# Forum Home Renovation Retaining Walls  Geo fabric / bidim - where to buy Melbourne?

## KANDL

Hi All,  
Am trying to cost some geo fabric / bidim (is this the only brand?) for behind a series of new timber retaining walls we're having built.  Our landscaper does not normally use fabric (just ag pipe and gravel screenings), but have had a builder friend tell us that it's worth the extra expense.   
Have done a little googling, but haven't been able to find a supplier in Melbourne (I'm Mornington Peninsula based).  Think we'll need the 2m wide fabric (as 2 walls will be 1m high each) and probably worth getting a 50m roll (as have close to that length of walls being built).   
Anyone have ideas / referrals? 
Thanks, 
K

----------


## Lagerfan

Hi KANDL,  
I used these guys based in Richmond.
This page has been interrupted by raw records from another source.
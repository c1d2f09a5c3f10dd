ghost use Rattle.std.specs.Prelude.{◌≡◌};
ghost use Rattle.ssh_trace.specs.Status.{code_of};

/// The status of a run of the program.
#[derive(Clone, Copy)]
pub enum Status {
    /// Done, and nothing was refused.
    Done,
    /// The packet is refused, incomplete or has bytes left over, or an end refused its peer.
    Refused,
    /// A fault of usage, file, digits, script, memory or output.
    Fault,
}

impl Status {
    /// The exit status: 0 for `Done`, 1 for `Refused`, 2 for `Fault`.
    pub fn code(self) -> u8
        ensures { result ≡ code_of self }
    {
        match self {
            Status::Done => 0,
            Status::Refused => 1,
            Status::Fault => 2,
        }
    }
}
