//! The events and the items of the two ends of an epoch.

ghost use Rattle.std.specs.Prelude.{◌≡◌, ◌∷◌, List, OnOk};
ghost use Rattle.ssh_model.specs.OneEpoch.History as history;
ghost use Rattle.ssh_model.specs.Protocol.Side.{DoneBy.By};
ghost use Rattle.ssh_trace.specs.History.{item_of, logged};

use ssh_types::{AskRefusal, Refusal, Side};
use std::alloc::{AllocError, Global};
use thiserror::Error;

/// An item of an end.
#[derive(Drop)]
pub enum Item {
    /// It was asked to send a payload.
    Asked,
    /// The ask was refused.
    AskRefused(AskRefusal),
    /// It took this payload.
    Took(Vec<u8>),
    /// It sent this payload.
    Sent(Vec<u8>),
    /// It refused its peer, or found its own numbers spent.
    Refused(Refusal),
    /// It is dead from now on.
    Died,
}

/// An item, and the end that did it.
#[derive(Drop)]
pub struct Done {
    pub side: Side,
    pub item: Item,
}

/// An event of an end.
#[derive(Clone, Copy)]
pub enum Event<'a> {
    /// It is asked to send this payload, of at least one byte.
    Ask(Side, &'a [u8]),
    /// These bytes come to it.
    Deliver(Side, &'a [u8]),
}

/// The items that events added, the oldest first, and the bytes that each side put out.
#[derive(Drop)]
pub struct Transcript {
    pub items: Vec<Done>,
    pub client_bytes: Vec<u8>,
    pub server_bytes: Vec<u8>,
}

/// An allocation failed, for a transcript or for the buffers of a pair. A pair that answered it has failed for good.
#[derive(Clone, Copy, Debug, PartialEq, Eq, Error)]
#[error("out of memory")]
pub struct Memory;

impl From<AllocError> for Memory {
    fn from(_error: AllocError) -> Memory {
        Memory
    }
}

// Records what an end did.
#[tactic(auto, using(crate::proofs::Logs::logged_one))]
pub(crate) fn note(log: &mut Vec<Done>, side: Side, item: Item) -> Result<(), AllocError>
    ensures { OnOk result ((run : List history.Done) → logged run log.new.items ≡ By side (item_of item) ∷ logged run
        log.old.items) }
{
    log.push(Done { side, item })?;
    Ok(())
}

// Records a payload that an end took.
pub(crate) fn note_took(
    alloc: Global,
    log: &mut Vec<Done>,
    side: Side,
    payload: &[u8],
) -> Result<(), AllocError>
    ensures { OnOk result ((run : List history.Done) → logged run log.new.items ≡ By side (history.Took payload.now) ∷ logged
        run log.old.items) }
{
    note(log, side, Item::Took(payload.to_vec(alloc)?))
}

// Records a payload that an end sent.
pub(crate) fn note_sent(
    alloc: Global,
    log: &mut Vec<Done>,
    side: Side,
    payload: &[u8],
) -> Result<(), AllocError>
    ensures { OnOk result ((run : List history.Done) → logged run log.new.items ≡ By side (history.Sent payload.now) ∷ logged
        run log.old.items) }
{
    note(log, side, Item::Sent(payload.to_vec(alloc)?))
}
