ghost use Rattle.std.specs.Prelude.{◌≡◌, ◌⊎◌, IfOk, OnErr, OnOk, string_bytes};
ghost use Rattle.std.specs.Io.KnownBytes.{Appends};
ghost use Rattle.ssh_trace.specs.declared.status.Status.TheVariants.{Fault};

use crate::status::Status;
use divrelca::{KIT, VERSION};
use std::alloc::{AllocError, Global};
use std::fmt::Display;
use std::io;
use std::io::Write;

/// The lines that a command prints, and its status.
#[derive(Drop)]
pub(crate) struct Answer {
    pub text: String,
    pub status: Status,
}

/// Writes an answer to `out`, or says on `err` why there is none.
pub(crate) fn finish<F: Display + Drop, W: Write, E: Write>(
    answer: Result<Answer, F>,
    out: &mut W,
    err: &mut E,
) -> Status
    ensures printed { IfOk answer (λ a. (result ≡ Fault)
        ⊎ ((result ≡ a.status) × Appends (W.contents out.old) (W.contents out.new) (string_bytes a.text))) }
    ensures fault { OnErr answer (result ≡ Fault) }
    ensures nothing { OnErr answer (out.new ≡ out.old) }
{
    let answer = match answer {
        Ok(answer) => answer,
        Err(fault) => return report(fault, err),
    };
    match put(answer.text.as_str(), out) {
        Ok(()) => answer.status,
        Err(error) => report(format_args!("can't write the output: {error}"), err),
    }
}

/// Prints on `out` what the program is: its name, its version and the kit that it is proved with, as one line.
pub fn version_to<W: Write, E: Write>(alloc: Global, out: &mut W, err: &mut E) -> Status {
    finish(version(alloc), out, err)
}

fn version(alloc: Global) -> Result<Answer, AllocError> {
    Ok(Answer {
        text: format!(in alloc; "ssh_trace {VERSION}, proved with {KIT}\n")?,
        status: Status::Done,
    })
}

/// Says on `err` why a command did nothing.
pub fn report<F: Display + Drop, E: Write>(fault: F, err: &mut E) -> Status
    ensures { result ≡ Fault }
{
    say(format_args!("error: {fault}"), err)
}

/// Writes a text of more than one line, which says by itself that it is an error, to `err`.
pub(crate) fn say<F: Display + Drop, E: Write>(text: F, err: &mut E) -> Status
    ensures { result ≡ Fault }
{
    // Where even this can't be written, the status alone tells of the fault.
    let _ = writeln!(err, "{text}");
    Status::Fault
}

fn put<W: Write>(text: &str, out: &mut W) -> io::Result<()>
    ensures { OnOk result (Appends (W.contents out.old) (W.contents out.new) text.now) }
{
    out.write_all(text.as_bytes())?;
    out.flush()
}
Pretty cheap and very helpful with advice and such. Looks like they do exactly the size you need: Bidim - Filter Fabric. 
From memory I paid around $70 for 1m x 50m roll, which was much cheaper than the landscapers and garden centers were selling it, mostly in QLD for some reason - like you I could find no-one around Melbourne until I stumbled across these guys.

----------


## KANDL

Thanks heaps, will give them a buzz.  Yes, was a little surprised by the Qld concentration too!!  :Smilie:

----------


## russs

Picked up a couple of Reln pack 6m x 2m in Bunnings, (kept with the slotted drain aggie pipe)

----------


## jack620

KANDL,
I bought a 1m x 50m roll from Swan Plumbing in Mornington for $92 way back in 2006.

----------


## jamc0984

All landscaping yards should have them. Bidim is Geotextiles Australia product which i think are based in Brisbane (hence perhaps the QLD availability). Brisbane office is just down the road from me. Expect to pay about $150 for a 2m wide 50 metre role. Or around $6 a lm. For a retaining wall, depending on height you would probably need 2 m wide stuff.

----------